The variations found in gC ranged from amino acids considered intolerable by SIFT to changes in the hydrophilicity profile. No HBD was affected by amino acid substitutions. The signal peptide, which is important in glycoprotein localization during virion assembly, did not show any substitution in any sequence, not even in the Bartha sample, which was previously reported to carry mutations at codons 12 and 14 (25). Substitutions at N-glycosylation sites did not cause a loss or change in position, only resulting in weak positive pressure areas. The majority of these sites are located in strong negative pressure areas, increasing their preservation.

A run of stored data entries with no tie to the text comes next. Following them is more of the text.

//! The calls of the operations that were begun.

ghost use Rattle.std.specs.Prelude.{◌≡◌, ◌<◌, None};
ghost use Rattle.md_history.specs.declared.acts.Op.TheVariants.{Get, Insert, Remove, Put};
ghost use Rattle.md_history.specs.declared.acts.Op.TheVariants.{Enqueue, Dequeue, Front, Line};
ghost use Rattle.md_history.specs.Calls.{IsLineLength};
ghost use Rattle.md_store_interleavings.specs.Acting.{Exists, HasBegun, Makes};
ghost use Rattle.md_list.specs.Walking.{IsHeadOf};
ghost use Rattle.md_nbtc_law.specs.State.{shape_in};
ghost use Rattle.md_nbtc.specs.State.{state};

use md_history::{Op, Reply, Stop};
use md_list::{get, insert, put, remove};
use md_nbtc::Txn;
use md_queue::{dequeue, enqueue, front, line};
use md_store_law::StoreTheory;

// Makes the call of an operation that was begun.
pub(crate) fn made<'a>(txn: &mut Txn<'a, StoreTheory>, op: Op) -> Result<Reply, Stop>
    requires begun { HasBegun (state txn.old) }
    requires exists { Exists (shape_in (state txn.old)) op }
    ensures pass { txn.new.pass.ghost_name ≡ txn.old.pass.ghost_name }
    ensures makes { Makes (state txn.old) (state txn.new) op result }
{
    match op {
        Op::Get { map, key } => make_get(txn, map, key),
        Op::Insert { map, key, value } => make_insert(txn, map, key, value),
        Op::Remove { map, key } => make_remove(txn, map, key),
        Op::Put { map, key, value } => make_put(txn, map, key, value),
        Op::Enqueue { queue, value } => make_enqueue(txn, queue, value),
        Op::Dequeue { queue } => make_dequeue(txn, queue),
        Op::Front { queue } => make_front(txn, queue),
        Op::Line { queue, n } => make_line(txn, queue, n),
    }
}

// The word of the head of a key's bucket.
fn head_of(txn: &Txn<'_, StoreTheory>, map: u32, key: u64) -> u32
    requires { map < (shape_in (state txn.now)).maps }
    ensures { IsHeadOf (shape_in (state txn.now)) map key result }
{
    txn.shape().map_head(map, key)
}

fn make_get<'a>(txn: &mut Txn<'a, StoreTheory>, map: u32, key: u64) -> Result<Reply, Stop>
    requires begun { HasBegun (state txn.old) }
    requires map { map < (shape_in (state txn.old)).maps }
    ensures pass { txn.new.pass.ghost_name ≡ txn.old.pass.ghost_name }
    ensures makes { Makes (state txn.old) (state txn.new) (Get map key) result }
{
    let head = head_of(txn, map, key);
    match get(txn, head, key) {
        Ok(value) => Ok(Reply::Value(value)),
        Err(why) => Err(why),
    }
}

fn make_insert<'a>(
    txn: &mut Txn<'a, StoreTheory>,
    map: u32,
    key: u64,
    value: u64,
) -> Result<Reply, Stop>
    requires begun { HasBegun (state txn.old) }
    requires map { map < (shape_in (state txn.old)).maps }
    ensures pass { txn.new.pass.ghost_name ≡ txn.old.pass.ghost_name }
    ensures makes { Makes (state txn.old) (state txn.new) (Insert map key value) result }
{
    let head = head_of(txn, map, key);
    match insert(txn, head, key, value) {
        Ok(absent) => Ok(Reply::Flag(absent)),
        Err(why) => Err(why),
    }
}

fn make_remove<'a>(txn: &mut Txn<'a, StoreTheory>, map: u32, key: u64) -> Result<Reply, Stop>
    requires begun { HasBegun (state txn.old) }
    requires map { map < (shape_in (state txn.old)).maps }
    ensures pass { txn.new.pass.ghost_name ≡ txn.old.pass.ghost_name }
    ensures makes { Makes (state txn.old) (state txn.new) (Remove map key) result }
{
    let head = head_of(txn, map, key);
    match remove(txn, head, key) {
        Ok(value) => Ok(Reply::Value(value)),
        Err(why) => Err(why),
    }
}

fn make_put<'a>(
    txn: &mut Txn<'a, StoreTheory>,
    map: u32,
    key: u64,
    value: u64,
) -> Result<Reply, Stop>
    requires begun { HasBegun (state txn.old) }
    requires map { map < (shape_in (state txn.old)).maps }
    ensures pass { txn.new.pass.ghost_name ≡ txn.old.pass.ghost_name }
    ensures makes { Makes (state txn.old) (state txn.new) (Put map key value) result }
{
    let head = head_of(txn, map, key);
    match put(txn, head, key, value) {
        Ok(old) => Ok(Reply::Value(old)),
        Err(why) => Err(why),
    }
}

fn make_enqueue<'a>(txn: &mut Txn<'a, StoreTheory>, queue: u32, value: u64) -> Result<Reply, Stop>
    requires begun { HasBegun (state txn.old) }
    requires queue { queue < (shape_in (state txn.old)).queues }
    ensures pass { txn.new.pass.ghost_name ≡ txn.old.pass.ghost_name }
    ensures makes { Makes (state txn.old) (state txn.new) (Enqueue queue value) result }
{
    match enqueue(txn, queue, value) {
        Ok(()) => Ok(Reply::Nothing),
        Err(why) => Err(why),
    }
}

fn make_dequeue<'a>(txn: &mut Txn<'a, StoreTheory>, queue: u32) -> Result<Reply, Stop>
    requires begun { HasBegun (state txn.old) }
    requires queue { queue < (shape_in (state txn.old)).queues }
    ensures pass { txn.new.pass.ghost_name ≡ txn.old.pass.ghost_name }
    ensures makes { Makes (state txn.old) (state txn.new) (Dequeue queue) result }
{
    match dequeue(txn, queue) {
        Ok(value) => Ok(Reply::Value(value)),
        Err(why) => Err(why),
    }
}

fn make_front<'a>(txn: &mut Txn<'a, StoreTheory>, queue: u32) -> Result<Reply, Stop>
    requires begun { HasBegun (state txn.old) }
    requires queue { queue < (shape_in (state txn.old)).queues }
    ensures pass { txn.new.pass.ghost_name ≡ txn.old.pass.ghost_name }
    ensures makes { Makes (state txn.old) (state txn.new) (Front queue) result }
{
    match front(txn, queue) {
        Ok(value) => Ok(Reply::Value(value)),
        Err(why) => Err(why),
    }
}

fn make_line<'a>(txn: &mut Txn<'a, StoreTheory>, queue: u32, n: u8) -> Result<Reply, Stop>
    requires begun { HasBegun (state txn.old) }
    requires queue { queue < (shape_in (state txn.old)).queues }
    requires few { IsLineLength n }
    ensures pass { txn.new.pass.ghost_name ≡ txn.old.pass.ghost_name }
    ensures makes { Makes (state txn.old) (state txn.new) (Line queue n) result }
{
    match line(txn, queue, n) {
        Ok(line) => Ok(Reply::Line(line)),
        Err(why) => Err(why),
    }
}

The largest modification profile is indeed located at the hot spot. At the hotspot, there is a modification in the group B group profile resulting in the complete substitution of the region and an insertion (from VVVE in group A to ALDDD). This change modifies the hydrophilicity profile, which would cause the region to be more antigenically exposed (15), in addition to including a disordered region. The presence of disordered regions in gC may also contribute to genetic variation (8).

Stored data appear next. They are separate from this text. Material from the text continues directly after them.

//! How a transaction begins.

ghost use Rattle.std.specs.Prelude.{◌≡◌, ◌↔◌, [], None, IfOk, IfErr};
ghost use Rattle.std.specs.Borrow.{sem, RestsIfErr};
ghost use Rattle.md_arena.specs.Left.{HasTryLeft, NoLane};
ghost use Rattle.md_rule.specs.Views.{IsOf};
ghost use Rattle.md_rule.specs.contracts.pass.Pass.{the_row};
ghost use Rattle.md_nbtc_law.specs.Ending.{BeginsTransaction, BeginsNot};
ghost use Rattle.md_nbtc_law.specs.Going.{IsGoing};
ghost use Rattle.md_nbtc_law.specs.State.{state_of};
ghost use Rattle.md_nbtc.specs.State.{begun_state, state};

use crate::txn::Txn;
use md_arena::take_descriptor;
use md_help::kept;
use md_history::Limit;
use md_machine::Theory;
use md_nbtc_sets::{Sets, put_in_hand};
use md_rule::{Field, Pass};
use std::snapshot::Snapshot;

/// A transaction that was begun, and has no sets yet: `with` lends it some. If it is dropped, its
/// attempt stays in hand until the pass begins another one.
#[derive(Drop)]
pub struct Begun<'a, T: Theory> {
    pub(crate) pass: &'a mut Pass<T>,
    pub(crate) field: &'a Field<T>,
    pub(crate) began: Snapshot<Pass<T>>,
    pub(crate) desc: u32,
    pub(crate) serial: u64,
    pub(crate) tag: u64,
}

impl<'a, T: Theory> Begun<'a, T> {
    fn over(
        pass: &'a mut Pass<T>,
        field: &'a Field<T>,
        began: Snapshot<Pass<T>>,
        desc: u32,
        serial: u64,
        tag: u64,
    ) -> Begun<'a, T>
        ensures pass { result.pass.ghost_name ≡ pass.entry.ghost_name }
        ensures state { begun_state result
            ≡ state_of field.now pass.old began.value [] [] None desc serial tag [] }
    {
        Begun {
            pass,
            field,
            began,
            desc,
            serial,
            tag,
        }
    }

    /// The transaction under way. It keeps its words and nodes in these sets, and first clears
    /// them. It takes no step.
    pub fn with(self, sets: &'a mut Sets) -> Txn<'a, T>
        ensures pass { result.pass.ghost_name ≡ self.entry.pass.ghost_name }
        ensures state { state result ≡ begun_state self.entry }
    {
        let Begun {
            pass,
            field,
            began,
            desc,
            serial,
            tag,
        } = self;
        sets.clear();
        Txn {
            pass,
            field,
            began,
            desc,
            serial,
            tag,
            sets,
            stop: None,
        }
    }
}

impl<'a, T: Theory> Txn<'a, T> {
    /// Begins a transaction with a tag, which may be any number. It uses the next attempt of the
    /// pass's lowest lane that has one left. If the pass has an attempt in hand, that one is left
    /// as it stands. If the lane's last transaction was dropped, it is settled, and its descriptor
    /// is taken out of the words that it wrote; its nodes stay taken. It returns `Limit::Tries`
    /// exactly if each lane has begun all of its attempts. It takes no memory.
    ///
    /// It takes three steps at a lane's first attempt, and four at later ones. After a dropped
    /// transaction that recorded r words, it takes at most `3r + 3` more, and at most four for each
    /// word that the transaction wrote. It takes three more if an attempt was taken and never put
    /// in hand.
    pub fn begin(
        pass: &'a mut Pass<T>,
        field: &'a Field<T>,
        tag: u64,
    ) -> Result<Begun<'a, T>, Limit>
        requires of { IsOf pass.old field.now }
        ensures* refused { sem 𝓛 (RestsIfErr (the_row T.row T.Theory) pass.entry
            (λ t. t.pass.ghost_name) result
            (λ q. BeginsNot T.meaning pass.old field.now.origin q)) }
        ensures pass { IfOk result (λ t. t.pass.ghost_name ≡ pass.entry.ghost_name) }
        ensures field { IfOk result (λ t. (begun_state t).field ≡ field.now) }
        ensures begun { IfOk result (λ t. BeginsTransaction pass.old tag (begun_state t)) }
        ensures going { IfOk result (λ t. IsGoing T.meaning (begun_state t) []) }
        ensures none { (result ≡ Err Limit.Tries) ↔ NoLane pass.old (HasTryLeft pass.old) }
        ensures limit { IfErr result (λ limit. limit ≡ Limit.Tries) }
    {
        pass.mark_leave(field);
        kept(pass);
        let desc = match take_descriptor(pass) {
            Ok(desc) => desc,
            Err(limit) => return Err(limit),
        };
        let began = Snapshot::of(&*pass);
        let serial = put_in_hand(field, pass, desc, tag);
        Ok(Begun::over(pass, field, began, desc, serial, tag))
    }
}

The results presented in this work suggest that the use of Bayesian analysis for reconstructing phylogenetic trees is helpful for molecular analysis and epidemiological studies and allows for comparison with the results of previous studies. It was also possible to divide SuHV-1 isolates into five genotypes that evolved under different selective pressures. These genotypes are not specific to countries or continents, perhaps due to multiple introductions related to the importation of swine.